* _EXERCISE MATERIAL_
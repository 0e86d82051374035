//! What a server shows an operator about itself.
use engine_core::ServerStore;
use line_names::Named;
use script_lines::ViewLine;
use std::alloc::{AllocError, Global};
use te_base::LinkValues;

/// A store that shows what it stands for. Showing something makes no call, but the store has then seen more. So what is
/// shown later is of a store that has seen all that was shown before.
pub trait Show: ServerStore {
    ghost use Rattle.std.specs.Prelude.{ℕ, ℤ, List, [], IfOk, ⊤};
    ghost use Rattle.te_base.specs.Values.{Values};
    ghost use Rattle.line_names.specs.declared.plain.Named.{Named};
    ghost use Rattle.script_lines.specs.declared.views.ViewLine.{ViewLine};

    /// In what the store stands for, these may be the values of the links, and this may be left of each at each
    /// priority.
    ghost has_links: { Self → List Values → List (List ℤ) → Type 0 } = { λ _ _ _. ⊤ };

    /// In what the store stands for, the names in this line may stand for these addresses.
    ghost names: { Self → List ℕ → Named → Type 0 } = { λ _ _ _. ⊤ };

    /// From the first state on, this may be shown to a line that asks to see something, and it leaves the second state.
    ghost shows: { Self → ViewLine → List ℕ → Self → Type 0 } = { λ _ _ _ _. ⊤ };

    /// Returns the values of each link, and what is left of it at each of the eight priorities in bytes per second, by
    /// the number of the link. All of it is of one moment, in what the store has seen by then. Makes no call.
    fn links(&mut self) -> Result<(Vec<LinkValues>, Vec<[i64; 8]>), AllocError>
        ensures links { IfOk result (λ table. has_links self.new table.0.items table.1.items) }
        ensures same { Self.moves self.old [] self.new };

    /// Finds what the names in a line stand for, in what the store has seen by then. Makes no call.
    fn named(&mut self, alloc: Global, line: &str) -> Result<Named, AllocError>
        ensures named { IfOk result (λ named. names self.new line.now named) }
        ensures same { Self.moves self.old [] self.new };

    /// Returns what the line is shown. Makes no call.
    fn show(&mut self, alloc: Global, line: &ViewLine) -> Result<Vec<u8>, AllocError>
        ensures shown { IfOk result (λ text. shows self.old line.now text.items self.new) }
        ensures same { Self.moves self.old [] self.new };
}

* _WHAT IS NEEDED_
Retype the entries exactly from the first line, stopping after the line with "Self → ViewLine".

* _YOUR RESPONSE_
repository 0e86d82051374035
//! What a server shows an operator about itself.
use engine_core::ServerStore;
use line_names::Named;
use script_lines::ViewLine;
use std::alloc::{AllocError, Global};
use te_base::LinkValues;

/// A store that shows what it stands for. Showing something makes no call, but the store has then seen more. So what is
/// shown later is of a store that has seen all that was shown before.
pub trait Show: ServerStore {
    ghost use Rattle.std.specs.Prelude.{ℕ, ℤ, List, [], IfOk, ⊤};
    ghost use Rattle.te_base.specs.Values.{Values};
    ghost use Rattle.line_names.specs.declared.plain.Named.{Named};
    ghost use Rattle.script_lines.specs.declared.views.ViewLine.{ViewLine};

    /// In what the store stands for, these may be the values of the links, and this may be left of each at each
    /// priority.
    ghost has_links: { Self → List Values → List (List ℤ) → Type 0 } = { λ _ _ _. ⊤ };

    /// In what the store stands for, the names in this line may stand for these addresses.
    ghost names: { Self → List ℕ → Named → Type 0 } = { λ _ _ _. ⊤ };

    /// From the first state on, this may be shown to a line that asks to see something, and it leaves the second state.
    ghost shows: { Self → ViewLine → List ℕ → Self → Type 0 } = { λ _ _ _ _. ⊤ };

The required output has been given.